Records contained in a dataset

--------------------------------

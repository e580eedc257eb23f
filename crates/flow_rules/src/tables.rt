//! Flow tables.
ghost use Rattle.std.specs.Prelude.{◌≡◌, ◌↔◌, ◌+◌, ◌≤◌, ◌++◌, ◌∷◌, [], filter, map, cond, not, IsTrue, IsNone, IfSome, IfOk, OnOk, OnErr, length, vec_len, vec_capacity};
ghost use Rattle.std.specs.List.{list_any};
ghost use Rattle.net_base.specs.Members.{IsIn};
ghost use Rattle.flow_rules.specs.Overlaps.{IsLeastClash};
ghost use Rattle.flow_rules.specs.Patterns.{key_eq};
ghost use Rattle.flow_rules.specs.Replaced.{replaced_in_turn};
ghost use Rattle.flow_rules.specs.Same.{rule_eq};
ghost use Rattle.flow_rules.specs.Tables.{lookup, matched_rule, action_of, IsTable, IsClear, keys_of};

use crate::deletes::delete_keys;
use crate::overlaps::least_clash;
use crate::replaces::replace_keys;
use crate::rules::{Action, Key, Rule};
use crate::searches::{Packet, best_in_space, best_of, space_of};
use crate::tuple_space::TupleSpace;
use net_base::{Memory, Port, Vlan};
use std::alloc::Global;
use std::marker::Model;

/// The fewest rules of a table that are worth a space.
const LEAST_INDEXED: usize = 16;

/// A flow table: rules with distinct keys, in the order in which they came, and room for more. Where it is indexed it has a
/// space of its rules' patterns, until the rules change.
#[derive(Drop)]
pub struct Table {
    entries: Vec<Rule>,
    space: Option<TupleSpace>,
}

impl Model for Table {
    ghost use Rattle.std.specs.Prelude.{vec_capacity, vec_len, ◌-◌};
    ghost use Rattle.flow_rules.specs.Tables.{TableState, IsTableWith};

    ghost Value = { TableState };

    ghost view = { λ t. record { rules = t.entries.items; spare = vec_capacity t.entries - vec_len t.entries } };

    ghost invariant = { λ t. IsTableWith t.entries.items t.space };
}

impl Table {
    /// The rules, each of another key.
    pub fn rules(&self) -> &[Rule]
        ensures value { result.now ≡ self.now.rules }
        ensures distinct { IsTable self.now.rules }
    {
        &self.entries
    }

    /// The rule that matches a packet.
    fn best(&self, packet: Packet) -> Option<Rule>
        ensures { result ≡ matched_rule (record
            { port = packet.port; vlan = packet.vlan; dst = packet.dst }) self.now.rules }
    {
        match &self.space {
            Some(space) => best_in_space(&self.entries, space, packet),
            None => best_of(&self.entries, packet),
        }
    }

    /// What the table does with a packet that comes in by a port with a VLAN to an address: the action of the first of the
    /// rules of greatest priority that cover it, or discard (OpenFlow 1.0.0, section 3.4). Where the table is indexed it looks
    /// at the rules of one slot for each kind of pattern, otherwise at all rules.
    pub fn lookup(&self, port: Port, vlan: Vlan, dst: u32) -> Action
        ensures { result ≡ lookup (record { port = port; vlan = vlan; dst = dst }) self.now.rules }
    {
        match self.best(Packet { port, vlan, dst }) {
            Some(rule) => rule.action,
            None => Action::Discard,
        }
    }
}

/// Whether one of the rules has the key.
fn has_key_among(rules: &[Rule], key: &Key) -> bool
    ensures { result ≡ list_any (λ r. key_eq r.key key.now) rules.now }
{
    rules.iter().any(|rule| rule.key.is_same(key))
}

/// The action of the first rule with the key.
fn action_among(rules: &[Rule], key: &Key) -> Option<Action>
    ensures { result ≡ action_of key.now rules.now }
{
    let rule = rules.iter().find(|rule| rule.key.is_same(key))?;
    Some(rule.action)
}

/// Whether the rule is among the rules.
fn has_rule_among(rules: &[Rule], rule: &Rule) -> bool
    ensures { result ≡ list_any (λ r. rule_eq r rule.now) rules.now }
{
    rules.iter().any(|entry| entry.is_same(rule))
}

/// Puts a rule in the place of those with its key.
fn replace_in(rules: &mut Vec<Rule>, rule: Rule)
    ensures items { rules.new.items
        ≡ map (λ q. cond (key_eq q.key rule.key) rule q) rules.old.items }
    ensures len { vec_len rules.new ≡ vec_len rules.old }
    ensures capacity { vec_capacity rules.new ≡ vec_capacity rules.old }
{
    for i in 0..rules.len() {
        if rules[i].key.is_same(&rule.key) {
            rules[i] = rule;
        }
    }
}

/// Takes out the rules with the key.
fn delete_from(rules: &mut Vec<Rule>, key: &Key)
    ensures items { rules.new.items ≡ filter (λ q. not (key_eq q.key key.now)) rules.old.items }
    ensures capacity { vec_capacity rules.new ≡ vec_capacity rules.old }
{
    rules.retain(|rule| !rule.key.is_same(key));
}

impl Table {
    /// A table without rules.
    pub fn make(alloc: Global) -> Result<Table, Memory>
        ensures { IfOk result (λ t. t ≡ record { rules = []; spare = 0 }) }
    {
        Ok(Table {
            entries: Vec::new(alloc),
            space: None,
        })
    }

    /// A table with the same rules.
    pub fn copy(&self) -> Result<Table, Memory>
        ensures { IfOk result (λ t. t.rules ≡ self.now.rules) }
    {
        let entries = Vec::from_slice(*self.entries.allocator(), &self.entries)?;
        Ok(Table {
            entries,
            space: None,
        })
    }

    /// Has look-ups search by the kinds of patterns, until the rules change: where there are at least 16 rules, of at most 16
    /// kinds, or of a fourth as many kinds as there are rules. Takes time by the rules times their kinds. Where memory is wanting
    /// the table stays as it was.
    pub fn index(&mut self) -> Result<(), Memory>
        ensures { self.new ≡ self.old }
    {
        if self.entries.len() >= LEAST_INDEXED {
            self.space = space_of(*self.entries.allocator(), &self.entries)?;
        }
        Ok(())
    }

    /// Makes room for so many more rules.
    pub fn reserve(&mut self, extra: usize) -> Result<(), Memory>
        ensures rules { self.new.rules ≡ self.old.rules }
        ensures room { OnOk result (extra ≤ self.new.spare) }
        ensures kept { self.old.spare ≤ self.new.spare }
        ensures refused { OnErr result (self.new.spare ≡ self.old.spare) }
    {
        self.entries.reserve(extra)?;
        Ok(())
    }

    /// Adds a rule of a new key, behind the others.
    pub fn insert(&mut self, rule: Rule)
        requires absent { ¬ IsIn rule.key (keys_of self.old.rules) }
        requires room { 1 ≤ self.old.spare }
        ensures rules { self.new.rules ≡ self.old.rules ++ rule ∷ [] }
        ensures spare { self.new.spare + 1 ≡ self.old.spare }
    {
        self.space = None;
        self.entries.push_reserved(rule);
    }

    /// Takes out the rule with a key. The others keep their order.
    pub fn delete(&mut self, key: &Key)
        requires present { IsIn key.now (keys_of self.old.rules) }
        ensures rules { self.new.rules ≡ filter (λ q. not (key_eq q.key key.now)) self.old.rules }
        ensures spare { self.new.spare ≡ self.old.spare + 1 }
    {
        self.space = None;
        delete_from(&mut self.entries, key);
    }

    /// Takes out the rules with the keys of others, which it sorts. The rest keep their order. It takes time n log n.
    pub fn delete_all(&mut self, others: &mut [Rule])
        ensures rules { self.new.rules ≡ filter
            (λ q. not (list_any (λ r. key_eq r.key q.key) others.old)) self.old.rules }
        ensures room { length self.new.rules + self.new.spare
            ≡ length self.old.rules + self.old.spare }
    {
        self.space = None;
        delete_keys(&mut self.entries, others);
    }

    /// Puts a rule in the place of the one with its key.
    pub fn replace(&mut self, rule: Rule)
        ensures rules { self.new.rules ≡ map (λ q. cond (key_eq q.key rule.key) rule q)
            self.old.rules }
        ensures spare { self.new.spare ≡ self.old.spare }
    {
        self.space = None;
        replace_in(&mut self.entries, rule);
    }

    /// Puts each of the others, of which no two have one key, in the place of the rule with its key, and sorts them. All rules
    /// keep their places. It takes time n log n.
    pub fn replace_all(&mut self, others: &mut [Rule])
        requires distinct { IsTable others.old }
        ensures rules { self.new.rules ≡ replaced_in_turn others.old self.old.rules }
        ensures spare { self.new.spare ≡ self.old.spare }
    {
        self.space = None;
        replace_keys(&mut self.entries, others);
    }

    /// Gives the rule with a key another action. All rules keep their places.
    pub fn set_action(&mut self, key: &Key, action: Action)
        requires present { IsIn key.now (keys_of self.old.rules) }
        ensures rules { self.new.rules ≡ map
            (λ q. cond (key_eq q.key key.now) (record { key = key.now; action = action }) q)
            self.old.rules }
        ensures spare { self.new.spare ≡ self.old.spare }
    {
        self.replace(Rule { key: *key, action });
    }

    /// Takes out all rules. Their room stays.
    pub fn clear(&mut self)
        ensures rules { self.new.rules ≡ [] }
        ensures spare { self.new.spare ≡ length self.old.rules + self.old.spare }
    {
        self.space = None;
        self.entries.clear();
    }

    /// Whether there is a rule with the key.
    pub fn has_key(&self, key: &Key) -> bool
        ensures { IsTrue result ↔ IsIn key.now (keys_of self.now.rules) }
    {
        has_key_among(&self.entries, key)
    }

    /// The action of the rule with the key.
    pub fn get(&self, key: &Key) -> Option<Action>
        ensures value { result ≡ action_of key.now self.now.rules }
        ensures found { IfSome result (λ a. IsIn (record { key = key.now; action = a })
            self.now.rules) }
        ensures none { IsNone result ↔ (¬ IsIn key.now (keys_of self.now.rules)) }
    {
        action_among(&self.entries, key)
    }

    /// Whether there is the rule, with the same action.
    pub fn has_rule(&self, rule: &Rule) -> bool
        ensures { IsTrue result ↔ IsIn rule.now self.now.rules }
    {
        has_rule_among(&self.entries, rule)
    }

    /// The least two positions, by the first and then by the second, of rules of equal priority that cover a common packet.
    /// It compares each two rules.
    pub fn overlap(&self) -> Option<(usize, usize)>
        ensures least { IfSome result (λ pair. IsLeastClash self.now.rules pair.0 pair.1) }
        ensures clear { IsNone result ↔ IsClear self.now.rules }
    {
        least_clash(&self.entries)
    }
}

--------------------------------

Instructions to follow: Could you return exactly the stretch of the data above that starts at the line with "a rule with the key." and ends at the line with "the rule with the key.", both lines included?

Reply:
    /// Whether there is a rule with the key.
    pub fn has_key(&self, key: &Key) -> bool
        ensures { IsTrue result ↔ IsIn key.now (keys_of self.now.rules) }
    {
        has_key_among(&self.entries, key)
    }

    /// The action of the rule with the key.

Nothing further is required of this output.